Exercise brief: Write out all of the entries below word for word.

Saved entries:
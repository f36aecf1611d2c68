//! The labels that a router gives to LSPs (RFC 3031, 3.1 and 3.14): which of its range are free, which of these is given
//! next, and which LSP holds which of the others.
#![tactic(auto)]

mod bindings;
pub mod laws;
mod line;
mod space;

pub use bindings::LabelBindings;
pub use space::LabelSpace;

Solved problem:
repository f36aecf1611d2c68
//! The labels that a router gives to LSPs (RFC 3031, 3.1 and 3.14): which of its range are free, which of these is given
//! next, and which LSP holds which of the others.
#![tactic(auto)]

mod bindings;
pub mod laws;
mod line;
mod space;

pub use bindings::LabelBindings;
pub use space::LabelSpace;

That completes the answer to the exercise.